All dies macht ihn zu einem für den Owner wertvollen Unikat. Besonders schön ist es, wenn Reisende viele Meilen auf dem Buckel haben und von Cache zu Cache reisen.

Es gelten folgende Regeln:

Für Owner:

  • Wer seinen Reisenden mit einer Mission behaftet, sollte diese per lamminierter Karte anhängen (so weiss ein potentieller Finder, auf was er sich einlässt).
  • Nicht verzweifeln, wenn der Reisende „Umwege“ macht.
  • Niemals die Hoffnung aufgeben, sollte der TB verschwunden sein. Manche tauchen Jahre später wieder auf.

Für alle anderen:

  • Reisende gehen nicht automatisch in den Besitz des Finders über!!!
  • Behandle Reisende so, wie Du deine behandelt wissen möchtest!
  • Discovern heisst, ich habe ihn gesehen. Hier reicht ein kurzer Log.
  • Möglichst schnell Loggen, da mache Reisende flott eine neue Mitfahrgelegenheit bekommen. Es ist nicht toll, wenn man jemanden aus seinem Inventory Reisenden „grabbed“.
  • Reisende sollen selbiges tun, also nicht lange irgendwo Staub ansetzen.
  • Jeder Owner freut sich über ein Bild seines Reisenden. So einfach kann man unbekannterweise ein Lächeln zaubern.
  • Wenn ein TB ohne Missionskenntnis mitgenommen wird und man nicht weiterhelfen kann, bitte schnellstmöglich in einen gut frequentierten Cache legen (TB-Hotel, Event).
  • Falls Du Owner eines Caches bist, in dem eine „Reiseleiche“ liegt (TB, der noch nicht ausgeloggt wurde, aber schon seit geraumer Zeit), schreib den Besitzer an und melde den Reisenden als vermisst.
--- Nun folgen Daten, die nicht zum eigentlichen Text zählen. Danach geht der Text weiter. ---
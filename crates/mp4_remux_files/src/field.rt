//! Fields that lead to bytes of the file, and their numbers after a change.

ghost use Rattle.std.specs.Prelude.{◌≡◌, ◌++◌, ◌∷◌, [], IfSome, OnOk};
ghost use Rattle.mp4_remux_files.specs.Fields.{counted, each_field, field_at, front, still};

use crate::numbers::{NoFields, number_at, position_after};
use crate::shift::Shift;
use std::alloc::AllocError;

/// A field of a box that leads to a byte of the file. Positions are those in the content of the box.
#[derive(Clone, Copy, Debug, PartialEq, Eq)]
pub struct Field {
    /// The position of its first byte.
    pub begin: u64,
    /// The number of its bytes.
    pub width: u64,
    /// Its number after the change.
    pub value: u64,
}

/// The positions in the file from which the number of a field counts.
#[derive(Clone, Copy, Debug, PartialEq, Eq)]
pub struct Anchor {
    /// The position before the change.
    pub before: u64,
    /// The position after the change.
    pub after: u64,
}

/// Returns the front of the file.
pub fn front() -> Anchor
    ensures { result ≡ front }
{
    Anchor {
        before: 0,
        after: 0,
    }
}

/// Adds `field` to `fields`.
pub fn push(fields: &mut Vec<Field>, field: Field) -> Result<(), AllocError>
    ensures { OnOk result (fields.new.items ≡ fields.old.items ++ field ∷ []) }
{
    fields.push(field)?;
    Ok(())
}

/// Returns the number after the change in place of `number`, which counts from `anchor`. Returns `None` if it would be
/// below 0 or past 2^64 - 1.
fn counted<F: Shift>(shift: &F, anchor: Anchor, number: u64) -> Option<u64>
    ensures { IfSome result (λ n. n ≡ counted (F.after shift.now) anchor number) }
{
    match anchor.before.checked_add(number) {
        Some(offset) => match shift.shifted(offset) {
            Some(place) => place.checked_sub(anchor.after),
            None => None,
        },
        None => None,
    }
}

/// Returns the field of `width` bytes at position `at` of `bytes`, which counts from `anchor`.
fn field_at<F: Shift>(shift: &F, anchor: Anchor, bytes: &[u8], width: u64, at: u64) -> Option<Field>
    ensures { IfSome result (λ f. f ≡ field_at (F.after shift.now) anchor bytes.now width at) }
{
    match number_at(bytes, at, width) {
        Some(before) => match counted(shift, anchor, before) {
            Some(value) => Some(Field {
                begin: at,
                width,
                value,
            }),
            None => None,
        },
        None => None,
    }
}

/// Adds no field.
pub fn push_none(fields: &mut Vec<Field>) -> Result<(), NoFields>
    ensures { OnOk result (fields.new.items ≡ fields.old.items ++ []) }
{
    Ok(())
}

/// Returns the position `base`, from which numbers count before and after the change.
pub fn still(base: u64) -> Anchor
    ensures { result ≡ still base }
{
    Anchor {
        before: base,
        after: base,
    }
}

/// Adds the field of `width` bytes at position `at` of `bytes`, which counts from `anchor`.
pub fn push_field<F: Shift>(
    fields: &mut Vec<Field>,
    shift: &F,
    anchor: Anchor,
    bytes: &[u8],
    width: u64,
    at: u64,
) -> Result<(), NoFields>
    ensures { OnOk result (fields.new.items
        ≡ fields.old.items ++ field_at (F.after shift.now) anchor bytes.now width at ∷ []) }
{
    match field_at(shift, anchor, bytes, width, at) {
        Some(field) => match push(fields, field) {
            Ok(()) => Ok(()),
            Err(error) => Err(NoFields::from(error)),
        },
        None => Err(NoFields::Unknown),
    }
}

/// Adds `count` fields of `width` bytes, which count from `anchor`. The first is at position `at` of `bytes`, and each
/// is `stride` bytes after the one before.
pub fn push_each<F: Shift>(
    fields: &mut Vec<Field>,
    shift: &F,
    anchor: Anchor,
    bytes: &[u8],
    width: u64,
    stride: u64,
    count: u64,
    at: u64,
) -> Result<(), NoFields>
    ensures { OnOk result (fields.new.items
        ≡ fields.old.items ++ each_field (F.after shift.now) anchor bytes.now width stride count at) }
{
    let mut left = count;
    let mut begin = at;
    while left > 0 {
        match push_field(fields, shift, anchor, bytes, width, begin) {
            Ok(()) => {}
            Err(fault) => return Err(fault),
        }
        match position_after(begin, stride) {
            Some(next) => begin = next,
            None => return Err(NoFields::Unknown),
        }
        left -= 1;
    }
    Ok(())
}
Wer noch Infos zum Thema Reisende braucht, findet sie hier.

Neben den Basics, hier noch das Plus:

  • Wenn ein TB beschädigt ist, kann man bei der Instandsetzung helfen (natürlich nur in Absprache mit dem Owner).
  • Reisende in Caches mit hoher D bzw. T-Wertung zu legen, ist nicht im Sinne jedes Owner. Hier kann die Weiterreise Monate dauern. Sollte dein Reisender festsitzen, kannst Du ihn mit TB-Rescue wieder flott kriegen.

Ich wünsche allen Reisenden auf ihrem Weg durch die Welt alles Gute und erinnere Euch an einen Artikel, den ich vor Monaten geschrieben habe. Er macht vielleicht noch einiges auf humorvolle Art deutlich.

Sollte ich was vergessen haben, freue ich mich über Ergänzungen.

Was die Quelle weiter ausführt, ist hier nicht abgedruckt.